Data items

========

//! What `Values` says of the symbols of the example, asked as another crate asks it. LOG is set to y.

use crate::tests::TREE;
use expr::Part;
use kconfig::{Cause, Explanation, Given, Kind, Tri, Value};
use tree::Tree;
use values::Values;

fn log_set() -> [Given; 4] {
    let mut records = [Given::none(); 4];
    records[1].give(Value::Tri(Tri::Yes));
    records
}

#[test]
fn values_by_name(rt: HostRuntime) {
    let mut tree = Tree::new();
    assert_eq!(rt; tree.read(&TREE), Ok(()));
    let values = Values::work_out(&tree, &log_set());
    assert!(rt;
        values.value_of(b"TRACE") == Some(Value::Tri(Tri::Module)),
        "a tristate"
    );
    assert!(rt; values.value_of(b"GRAMS") == Some(Value::Int(30)), "an int");
    assert!(rt; values.value_of(b"GRAM").is_none(), "no symbol");
    assert!(rt;
        values.value_of_kind(Kind::Int, b"GRAMS") == Some(Value::Int(30)),
        "of the kind"
    );
    assert!(rt;
        values.value_of_kind(Kind::Hex, b"GRAMS").is_none(),
        "of another kind"
    );
    assert!(rt; values.get(3) == Value::Int(30), "by its place");
    assert!(rt; values.get(256) == Value::Tri(Tri::No), "past the table");
}

#[test]
fn lines_that_apply(rt: HostRuntime) {
    let mut tree = Tree::new();
    assert_eq!(rt; tree.read(&TREE), Ok(()));
    let values = Values::work_out(&tree, &log_set());
    let [_, log, _, grams] = values.symbols() else {
        return assert!(rt; false, "four symbols");
    };
    let entry = values.entry(log);
    assert_eq!(rt; (entry.symbol.line, entry.dependency), (4, Tri::Module));
    assert_eq!(rt; values.visibility(&entry), Tri::Module);
    assert!(rt; values.first_default(&entry).is_none(), "no default");
    assert!(rt; values.first_range(&entry).is_none(), "no range");
    let entry = values.entry(grams);
    let default = values
        .first_default(&entry)
        .map(|default| (default.condition, default.line));
    assert_eq!(rt; default, Some((Tri::Yes, 13)));
    let bounds = values.first_range(&entry).map(|span| values.parts(span));
    assert!(rt;
        matches!(bounds, Some([Part::Word(low), Part::Word(high)]) if low.is(b"5") && high.is(b"80")),
        "the bounds"
    );
}

#[test]
fn levels_of_a_bool(rt: HostRuntime) {
    let mut tree = Tree::new();
    assert_eq!(rt; tree.read(&TREE), Ok(()));
    let values = Values::work_out(&tree, &log_set());
    let [_, log, clock, _] = values.symbols() else {
        return assert!(rt; false, "four symbols");
    };
    let levels = values.levels(log);
    assert_eq!(rt;
        (levels.visibility, levels.dependency),
        (Tri::Yes, Tri::Yes)
    );
    assert_eq!(rt; levels.value(None), Tri::No);
    assert_eq!(rt; levels.value(Some(Tri::Module)), Tri::Module);
    let levels = values.levels(clock);
    assert_eq!(rt; levels.imply.or(levels.select), levels.select);
    assert_eq!(rt; levels.value(None), Tri::Yes);
    assert_eq!(rt;
        levels.explain(None),
        Explanation {
            cause: Cause::Select,
            visibility: Tri::No,
            dependency: Tri::Yes,
            select: Tri::Yes,
            imply: Tri::No,
            line: 7,
        }
    );
}

#[test]
fn int_in_a_range(rt: HostRuntime) {
    let mut tree = Tree::new();
    assert_eq!(rt; tree.read(&TREE), Ok(()));
    let values = Values::work_out(&tree, &log_set());
    let [_, _, _, grams] = values.symbols() else {
        return assert!(rt; false, "four symbols");
    };
    assert!(rt;
        values.plain_value(grams, None) == Value::Int(30),
        "the default"
    );
    assert!(rt;
        values.plain_value(grams, Some(Value::Int(95))) == Value::Int(80),
        "the high bound"
    );
    let explanation = values.explain_plain(grams, true);
    assert_eq!(rt; (explanation.cause, explanation.line), (Cause::Given, 0));
    let explanation = values.explain_plain(grams, false);
    assert_eq!(rt; (explanation.cause, explanation.line), (Cause::Default, 13));
}
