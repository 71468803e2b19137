// The call Chunks: everything handed in is tested, and a build that is not turned away is run.
#![tactic(auto)]

ghost use Rattle.grouping.specs.Call.{ChunksCall};
ghost use Rattle.grouping.specs.Conditions.{scratch_need};
ghost use Rattle.refusal.specs.Answers.{outcome_of};
ghost use Rattle.options.specs.Tables.{tables_of};
ghost use Rattle.emitting.specs.Emitted.{SameAreas};

use conditions::AreaLengths;
use emitting::ChunkAreas;
use ids::parts::Ids;
use options::Options;
use options::tables::Groups;
use records::Records;
use refusal::Refusal;
use tested_run::run_tested;
use testing::input::test_input;
use testing::state::test_state;
use turns::settings::all_settings;

// The call: refuses, or answers how many new chunks there are. A refusal touches no lent area.
pub fn split(
    n: usize,
    g: usize,
    e: usize,
    k: usize,
    d: usize,
    flags: &[u8],
    sizes: &[u64],
    orders: &[u32],
    shares: &[u32],
    tags: &[u64],
    bits: &[u64],
    ids: &Ids,
    records: &Records,
    options: Options,
    groups: &Groups,
    answers: &[u32],
    on_entry: usize,
    areas: &mut ChunkAreas,
    next_of: &mut [u32],
    first_of: &mut [u32],
    scratch: &mut [u32],
) -> Result<usize, Refusal>
    ensures answered { ChunksCall scratch_need (record {
      shared = record {
        n = n;
        e = e;
        k = k;
        d = d;
        sizes = sizes.now;
        orders = orders.now;
        shares = shares.now;
        tags = tags.now;
        bits = bits.now;
        bytes = ids.now.bytes.now;
        offsets = ids.now.offsets.now;
        first = records.now.first.now;
        dependency = records.now.dependency.now;
        next = records.now.next.now;
        options = options;
      };
      variant = record {
        flags = flags.now;
        g = g;
        groups = tables_of groups.now;
        answers = answers.now;
      };
      on_entry = on_entry;
    }) (outcome_of result) (record {
      modules = record { chunk_of = areas.old.chunk_of.now; next_of = next_of.old };
      records = record {
        first_of = first_of.old;
        group_of = areas.old.group_of.now;
        name_of = areas.old.name_of.now;
        size_of = areas.old.size_of.now;
        bits_of = areas.old.bits_of.now;
        mark_of = areas.old.mark_of.now;
      };
      scratch = scratch.old;
    }) (record {
      modules = record { chunk_of = areas.new.chunk_of.now; next_of = next_of.new };
      records = record {
        first_of = first_of.new;
        group_of = areas.new.group_of.now;
        name_of = areas.new.name_of.now;
        size_of = areas.new.size_of.now;
        bits_of = areas.new.bits_of.now;
        mark_of = areas.new.mark_of.now;
      };
      scratch = scratch.new;
    }) }
    ensures same { SameAreas areas.old areas.new }
{
    let mut by_order = [0u32; 4096];
    let mut rank = [0u32; 4096];
    let count = test_input(
        n,
        g,
        e,
        k,
        d,
        flags,
        sizes,
        orders,
        shares,
        tags,
        bits,
        ids,
        records,
        options,
        groups,
        answers,
        &mut by_order,
        &mut rank,
    )?;
    let lengths = AreaLengths {
        chunk_of: areas.chunk_of.len(),
        next_of: next_of.len(),
        first_of: first_of.len(),
        group_of: areas.group_of.len(),
        name_of: areas.name_of.len(),
        size_of: areas.size_of.len(),
        bits_of: areas.bits_of.len(),
        mark_of: areas.mark_of.len(),
    };
    test_state(answers, n, g, k, on_entry, lengths, scratch.len())?;
    let made = run_tested(
        n,
        g,
        flags,
        sizes,
        shares,
        tags,
        bits,
        ids,
        records,
        options,
        groups,
        answers,
        &by_order[..count],
        &rank[..n],
        on_entry,
        0,
        areas,
        next_of,
        first_of,
        scratch,
    );
    Ok(made)
}
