//! The texts of help, by command.
use crate::commands::{About, Argument};

pub(crate) const PROGRAM: About = About {
    about: "Repacks miniSEED into the fewest records of one length",
    long_about: "Repacks miniSEED into the fewest records of one length.

msrepack joins the neighbouring records of a file into segments and writes each
segment again in records of one length, as few as can hold it. Samples stay as they
are. The report names samples of each segment, as many as its records, no two of
which fit one record: so fewer records cannot hold it. Whoever has the records and the
report can check that again. Fewest is over records as msrepack writes them: 64 bytes
before the data, the first difference taken from the sample before, none wrapped.

It reads records with blockette 1000, with or without blockette 1001, in either byte
order: 16-bit, 24-bit and 32-bit integers, Steim-1 and Steim-2. A file with anything
else is refused with the place and the reason. No record that has samples is skipped.",
    after: "With no words msrepack does what `msrepack repack -` does.

Statuses:
  0  done
  1  refused: an input has a fault, or a file cannot be opened, read or written;
     for an archive, at least one of its files or folders
  2  the command line is wrong
  3  the report does not show that the records are the fewest, or two files have not
     the same data

Examples:
  msrepack repack --length 4096 day.mseed packed.mseed > packed.txt
  msrepack check packed.mseed packed.txt
  msrepack compare day.mseed packed.mseed
  msrepack archive sds packed reports
  msrepack verify sds packed reports",
    arguments: &[],
};

pub(crate) const REPACK: About = About {
    about: "Writes the segments of a file in the fewest records, and a report",
    long_about: "Writes the segments of a file in the fewest records, and a report.

The records go to OUT, the report to standard output. The records are big-endian,
have blockettes 1000 and 1001 and 64 bytes before the data, and hold their samples as
Steim-2, or else as Steim-1, 16-bit, 24-bit or 32-bit integers, whichever first fits.
The time of each record is that of its first sample, counted from the start of its
segment and rounded to the microsecond.

The report has the length and the tolerance, with --no-int24 the kinds of the records,
how many records were read, how many of them had no samples, and in how many the last
sample was not the reverse constant; then, for each segment, a line with its name, rate,
start, samples and records, and a line of separators: samples, numbered from 0, no two
of which fit one record.

If IN is refused, one line on standard error says at which byte and why, and OUT
has only a prefix of the records: do not keep it.

Status 0 if all was written, 1 after a fault, 2 if the command line is wrong.",
    after: "Examples:
  msrepack repack day.mseed                     how few records of 512 bytes would do
  msrepack repack --length 4096 day.mseed packed.mseed > packed.txt
  cat day.mseed | msrepack repack - packed.mseed",
    arguments: &[
        LENGTH,
        NO_INT24,
        TOLERANCE,
        STRICT,
        INPUT,
        Argument::FileIfAny(
            "OUT",
            "The file to write the records to. Without it they are not kept",
        ),
    ],
};

pub(crate) const LIST: About = About {
    about: "Lists the segments of a file",
    long_about: "Lists the segments of a file.

Prints a line for each segment, with its name, quality, rate, flags, start and number
of samples, and a last line that counts the records: all of them, those without
samples, and those whose last sample is not the reverse constant.

With --json each line is an object, which also has the time of the last sample and
says why the segment began: it is the first, or has another channel or other settings
than the one before it in the file, or begins later (gap) or earlier (overlap) than
that one's next sample.

Status 0 if the list is whole, 1 after a fault, 2 if the command line is wrong.",
    after: "Examples:
  msrepack list --tolerance 5000 day.mseed
  msrepack list --json day.mseed | jq 'select(.began == \"gap\")'",
    arguments: &[TOLERANCE, STRICT, JSON, INPUT],
};

pub(crate) const CHECK: About = About {
    about: "Says whether a report shows that packed records are the fewest",
    long_about: "Says whether a report shows that packed records are the fewest.

Reads the report and then the records, and prints one of two verdicts:

least      Every segment of PACKED, as the report's tolerance joins them, stands in
           the fewest records of the report's length and kinds that can hold its
           samples, of those that msrepack could write, whoever made the records and
           the report. Nothing has to be believed of the program that wrote them.
           Status 0.
not shown  The report does not show that: a record has another length or kind, or no
           samples, or more samples than msrepack could write in it, or a segment, its
           number of samples or records, or its separators do not agree. It does not
           say that fewer records are possible. Status 3.

Nothing is said of the file that PACKED was made from: `msrepack compare` says whether
it has the same segments.

The report is read with the form that `msrepack repack` writes. If it has another, one
line on standard error names its first wrong line, counted from 1; if PACKED has a
fault, one line says at which byte and why. Both have status 1, and no verdict; it is 2
if the command line is wrong.",
    after: "Example:
  msrepack repack --length 4096 day.mseed packed.mseed > packed.txt
  msrepack check packed.mseed packed.txt",
    arguments: &[
        Argument::File("PACKED", "The file with the packed records"),
        Argument::File("REPORT", "The file with their report"),
    ],
};

pub(crate) const COMPARE: About = About {
    about: "Says whether two files have the same segments",
    long_about: "Says whether two files have the same segments.

Reads both files, joins their records into segments as `repack` does, and compares
these one after another: name, quality, rate and flags, start, and every sample. How the
samples are divided into records, and how these are encoded, does not matter. It
prints, if all are the same,

same segments N samples N
moved N N                             by how many microseconds a record's time is at
                                      most off the time of its first sample, counted
                                      from the start of its segment: in ONE, in OTHER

========

_TASK TO COMPLETE_
Using the entries above, find all lines with "orders". Copy them.

_REPLY_
    orders: &[u32],
        orders = orders.now;
        orders,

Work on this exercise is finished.